1. MENIKAHI WANITA HAMIL
Idealnya
seorang laki-laki mengawini seorang yang masih perawan atau status belum nikah,
atau bisa disebut juga dengan janda yang telah putus tali perkawinannya dan
dalam keadan suci. Namun tidak sedikit di masyarakat yang terjadi sebaliknya,
wanita yang dikawini bukan hanya tidak suci lagi, akan tetapi sudah mengandung
atau dalam keadaan hamil. Perkawinan seperti ini dilakukan dalam keadaan
terpaksa. Dari kasus seperti ini timbul beberapa permasalahan. Sahkah akad
nikah yang dilakukan dalam keadaan sang wanita sedang hamil ? Apakah mereka
boleh bekumpul sebagaimana layaknya suami istri dalam perkawinan yang sah ?
Bagaimana status anak yang akan lahir nanti ?
Ada
beberapa pendapat para ulama fiqih, di antaranya Imam Hanafi, Imam Maliki. Imam
Syafi’i dan Imam Hanbali, menurut mereka bahwa perkawinan keduanya sah dan
boleh bercampur sebagaimana suami istri, dengan ketentuan, bila si pria itu
yang menghamilinya dan kemudian ia mengawininya. Namun tetap keduanya dicap
sebagai penzina, dan pendapat para ulama yang mungkin berdasarkan ayat al-Qur’an,
bahwa laki-laki penzina halal menikahi perempuan penzina. Ibnu Hazm berpendapat
bahwa keduanya boleh dikawinkan dan boleh bercampur, dengan ketentuan bila ia
telah bertaubat dan menjalani hukuman dera karena telah berzina. Pendapat ini
berdasarkan hukum yang telah ditetapkan oleh sahabat Nabi, antara lain :
1.
Ketika
Jabir Bin Abdillah ditanya tentang kebolehan mengawinkan orang yang telah
berzina, maka beliau berkata :”Boleh mengawinkannya asalkan keduanya telah
bertaubat dan memperbaiki sifat-sifatnya.
2.
Seorang
laki-laki bertanya kepada Abu Bakar ; “Ya Amirul mukminin, putriku telah
dicampuri oleh tamuku, dan aku ingin agar keduanya dikawinkan.” Ketika itu Abu
Bakar memerintahkan kepada sahabat lain untuk melakukan dera kepada keduanya
kemudian dikawinkan.
Inilah
bukankah bahwa seseorang yang menghalangi wanita kemudian melaksanakan akad
nikah, masalahnya selesai. Karena mereka telah berdosa melanggar Hukum Allah,
maka mereka wajib bertaubat, yaitu taubat nashuha, istgfar, menyesali
dan menjauhkan diri dari dosa, keduanya mulai hidup bersih tanpa dosa.

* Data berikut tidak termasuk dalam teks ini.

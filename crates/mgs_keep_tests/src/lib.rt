//! Tests of a server whose journal keeps by what access it may be shown: what the journal is told, in its order, that nothing is shown once
//! it failed, what is served at a start, and that memory which was lent is set aside again.
#![tactic(auto)]

#[cfg(test)]
mod book;
#[cfg(test)]
mod identity;
#[cfg(test)]
mod keeping;
#[cfg(test)]
mod office;
#[cfg(test)]
mod real_tables;
#[cfg(test)]
mod room;
#[cfg(test)]
mod starting;
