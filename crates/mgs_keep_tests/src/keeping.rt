// What a journal is told of what two users do, and what is shown once it failed.
use crate::book::Book;
use crate::office::{Server, list_of, press, sit, users};
use mgs_buffers::Buffers;
use mgs_core::Core;
use mgs_engine::Engine;
use mgs_keep::Kept;
use mgs_marks::PlainMarked;
use mgs_model::SessionId;
use mgs_store::{RefusingStore, Store, StoreFault};
use mgs_wire::{Refusal, Served, Sessions};
use std::alloc::Global;
use std::process::Abort;

// The buffer `notes` of ann, which bob may read, with a journal that takes so many calls.
fn serve(alloc: Global, calls: usize, rt: &impl Abort) -> Server {
    serve_with(alloc, Book::new(alloc, calls), RefusingStore::new(), rt)
}

// The same with this journal and this store.
fn serve_with<S: Store + Drop>(
    alloc: Global,
    book: Book,
    store: S,
    rt: &impl Abort,
) -> Kept<PlainMarked, S, Book> {
    let list = list_of(&["ALLOW OWNER@ rwatdcCo", "ALLOW bob rt"], rt);
    let mut buffers = Buffers::new(alloc);
    assert!(rt;
        buffers
            .add("notes", "ann", None, list, &['n'], true)
            .is_ok()
    );
    let Ok(core) = Core::new(alloc, users(alloc, rt), buffers, store) else {
        panic!(rt; "no memory");
    };
    let Ok(engine) = Engine::new(alloc, core) else {
        panic!(rt; "no memory");
    };
    match Kept::new(alloc, engine, book) {
        Ok(kept) => kept,
        Err(_) => panic!(rt; "not kept"),
    }
}

// Who types what (`true`: ann), and what the journal is told by it.
const STEPS: [(bool, &[u8], &str); 8] = [
    (true, b"x", "notes is edited xn\n"),
    (false, b"y", "bob is denied notes WRITE_DATA\n"),
    (true, b"\x152\x1bxacl-delete\r", "ann changes notes\n"),
    // Who may not read types at the text's end.
    (false, b"y", "bob is denied notes APPEND_DATA\n"),
    (true, b"\x18bplan\r", "ann makes plan\n"),
    (true, b"\x18knotes\r", "ann kills notes\n"),
    (
        true,
        b"\x1bxset-owner\rbob\r",
        "ann changes plan\nplan is as its file \n",
    ),
    (false, b"\x18\x03", "bob quits \n"),
];

#[test]
fn a_journal_is_told_of_each_change_and_denial(rt: HostRuntime) {
    let mut server = serve(rt.alloc(), 100, &rt);
    let ann = sit(&mut server, "ann", &rt);
    let bob = sit(&mut server, "bob", &rt);
    assert!(rt; server.journal().words() == "- makes notes\nann comes \nbob comes \n");
    for &(is_ann, keys, told) in &STEPS {
        let before = server.journal().words().len();
        press(&mut server, if is_ann { ann } else { bob }, keys);
        server.tell_ended();
        assert!(rt; server.journal().words().get(before..) == Some(told));
        assert!(rt; !server.has_failed());
    }
}

// What bob presses while `notes` is shown to him, and what the journal is told by it.
const DENIALS: [(&[u8], &str); 3] = [
    (b"\x18bplan\r", "bob is denied plan READ_ATTRIBUTES\n"),
    (
        b"\x1bxinsert-buffer\rplan\r",
        "bob is denied plan READ_DATA\n",
    ),
    (b"y", "bob is denied notes WRITE_DATA\n"),
];

// The buffer of a denial is the one whose list denies, and not always the one that is shown.
#[test]
fn a_denial_is_told_with_its_buffer(rt: HostRuntime) {
    let mut server = serve(rt.alloc(), 100, &rt);
    let ann = sit(&mut server, "ann", &rt);
    let bob = sit(&mut server, "bob", &rt);
    press(&mut server, ann, b"\x18bplan\r");
    for &(keys, told) in &DENIALS {
        let before = server.journal().words().len();
        press(&mut server, bob, keys);
        assert!(rt; server.journal().words().get(before..) == Some(told));
    }
}

// What ann presses, and what the journal is told by it.
const PLAYS: [(&[u8], &str); 4] = [
    // A macro makes a buffer and kills it, twice.
    (
        b"\x18(\x18ba\r\x18ka\r\x18ba\r\x18ka\r\x18)",
        "ann makes a\nann kills a\nann makes a\nann kills a\n",
    ),
    // 256 acts of one key that did something are as many as are told one by one.
    (b"\x1564\x18e", ""),
    (b"\x1565\x18e", "ann does more \n"),
    (b"\x1564\x18e", ""),
];

#[test]
fn a_key_that_does_too_much_is_told_as_such(rt: HostRuntime) {
    let mut server = serve(rt.alloc(), 100, &rt);
    let ann = sit(&mut server, "ann", &rt);
    for &(keys, told) in &PLAYS {
        let before = server.journal().words().len();
        press(&mut server, ann, keys);
        assert!(rt; server.journal().words().get(before..) == Some(told));
    }
}

// A change that the journal does not take is not shown, and nothing else any more, of what waited before it.
#[test]
fn nothing_is_shown_once_the_journal_failed(rt: HostRuntime) {
    let mut server = serve(rt.alloc(), 3, &rt);
    let ann = sit(&mut server, "ann", &rt);
    let bob = sit(&mut server, "bob", &rt);
    assert!(rt; !server.pending(bob).is_empty());
    assert!(rt; server.next_due(0) == Some(ann));
    press(&mut server, ann, b"\x1bxacl-delete\r");
    assert!(rt; server.has_failed());
    assert!(rt; server.pending(ann).is_empty() && server.pending(bob).is_empty());
    assert!(rt; server.next_due(0).is_none());
    press(&mut server, ann, b"x");
    assert!(rt; server.pending(ann).is_empty());
}

// Logins that are refused, before a session is asked for and then, are told with the name that was said, if a user has it.
#[test]
fn refused_logins_are_told(rt: HostRuntime) {
    let mut server = serve(rt.alloc(), 100, &rt);
    let before = server.journal().words().len();
    server.refused(b"bob", Refusal::Ticket);
    server.refused(b"eve", Refusal::NoUser);
    server.refused(b"two words", Refusal::NoUser);
    server.refused(b"\xff", Refusal::NoUser);
    server.refused(b"", Refusal::Line);
    assert!(rt; server.open("ann", 1, 20).is_err());
    assert!(rt; server.open("eve", 6, 20).is_err());
    assert!(rt;
        server.journal().words().get(before..)
            == Some(
                "bob is refused ticket\n- is refused no user\n- is refused no user\n- is refused no user\n- is refused line\nann is refused size\n- is refused no user\n"
            )
    );
}

// What is kept of a text is all of it as it stands when a round comes to it, once.
#[test]
fn texts_are_kept_as_they_stand(rt: HostRuntime) {
    let mut server = serve(rt.alloc(), 100, &rt);
    let ann = sit(&mut server, "ann", &rt);
    let before = server.journal().words().len();
    for keys in &[b"".as_slice(), b"ab", b"", b"", b""] {
        press(&mut server, ann, keys);
        server.tell_ended();
    }
    assert!(rt;
        server.journal().words().get(before..)
            == Some("notes is as its file n\nnotes is edited abn\n")
    );
}

// Where no text is due, none is kept.
#[test]
fn a_text_that_is_not_due_is_not_kept(rt: HostRuntime) {
    let book = Book::without_texts(rt.alloc());
    let mut server = serve_with(rt.alloc(), book, RefusingStore::new(), &rt);
    let ann = sit(&mut server, "ann", &rt);
    let before = server.journal().words().len();
    press(&mut server, ann, b"ab");
    server.tell_ended();
    server.tell_ended();
    assert!(rt; server.journal().words().get(before..) == Some(""));
}

// What ann types, and the text that is kept in each of the turns that follow, until none is left.
const ROUNDS: [(&[u8], [&str; 4]); 3] = [
    (
        b"\x18bplan\rp\x18bdiary\rd",
        [
            "notes is as its file n\n",
            "plan is edited p\n",
            "diary is edited d\n",
            "",
        ],
    ),
    (b"\x18bplan\rq", ["plan is edited pq\n", "", "", ""]),
    (
        b"\x18bnotes\rx\x18bdiary\re",
        ["notes is edited xn\n", "diary is edited de\n", "", ""],
    ),
];

// A round comes to each buffer whose text stands otherwise than when it was kept, one a turn, in the order of the buffers.
#[test]
fn each_text_that_changed_is_kept_in_its_turn(rt: HostRuntime) {
    let mut server = serve(rt.alloc(), 100, &rt);
    let ann = sit(&mut server, "ann", &rt);
    for (keys, kept) in &ROUNDS {
        press(&mut server, ann, keys);
        for told in kept {
            let before = server.journal().words().len();
            server.tell_ended();
            assert!(rt; server.journal().words().get(before..) == Some(*told));
        }
    }
}

// A store that takes each text.
#[derive(Clone, Copy)]
struct TakingStore;

impl Store for TakingStore {
    ghost use Rattle.std.specs.Prelude.{None};

    ghost failed = { λ store. 0 };

    ghost accepted = { λ store. None };

    fn save(&mut self, _name: &str, _text: &[char]) -> Result<(), StoreFault> {
        Ok(())
    }

    fn faults(&self) -> u64 {
        0
    }
}

// Types into the buffer, saves it, and returns what the journal is told by that. Then the turn ends.
fn save<S: Store + Drop>(server: &mut Kept<PlainMarked, S, Book>, ann: SessionId) -> &str {
    let before = server.journal().words().len();
    press(server, ann, b"x\x18\x13");
    let end = server.journal().words().len();
    server.tell_ended();
    server.journal().words().get(before..end).unwrap_or("?")
}

// The text of a buffer that is saved is kept at once, and no second time.
#[test]
fn a_saved_text_is_kept_at_once(rt: HostRuntime) {
    let book = Book::new(rt.alloc(), 100);
    let mut server = serve_with(rt.alloc(), book, TakingStore, &rt);
    let ann = sit(&mut server, "ann", &rt);
    assert!(rt; save(&mut server, ann) == "ann saves notes\nnotes is as its file xn\n");
    assert!(rt;
        server
            .journal()
            .words()
            .ends_with("ann saves notes\nnotes is as its file xn\n")
    );
}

Sesungguhnya Allah ta’ala menerima taubat mereka.
Menurut
KHI pasal 5 ayat (1), (2), dan (3) disebutkan :
1.
Seorang
wanita hamil di luar nikah, dapat dikawinkan dengan pria yang menghamilinya.
2.
Perkawinan
dengan wanita hamil yang tersebut dalam ayat (1) dapat dilangsungkan tanpa
menunggu lebih dahulu kelahiran anaknya.
3.
Dengan
dilangsungkannya pada saat wanita hamil, tidak diperlukan perkawinan ulang
setelah anak yang dikandung lahir.
Ketentuan
KHI ini merupakan pendekatan komprimistis dengan hukum adat. Pengkompromian itu
ditinjau dari segi kenyataan terjadinya ikhtilaf dalam ajaran fiqih dihubungkan
dengan faktor sosiologis dan psikologis. Dalam hukum adat tersimpul azas :
“Setiap tanaman yang tumbuh di ladang seseorang, dialah pemilik tanaman itu,
walaupun bukan dia yang menanamnya,” Selain itu tujuan utama azas kebolehan
kawin hamil adalah untuk memberikan perlindungan hukum yang pasti kepada anak
yang dalam kandungan, walaupun anak tersebut statusnya adalah anak zina.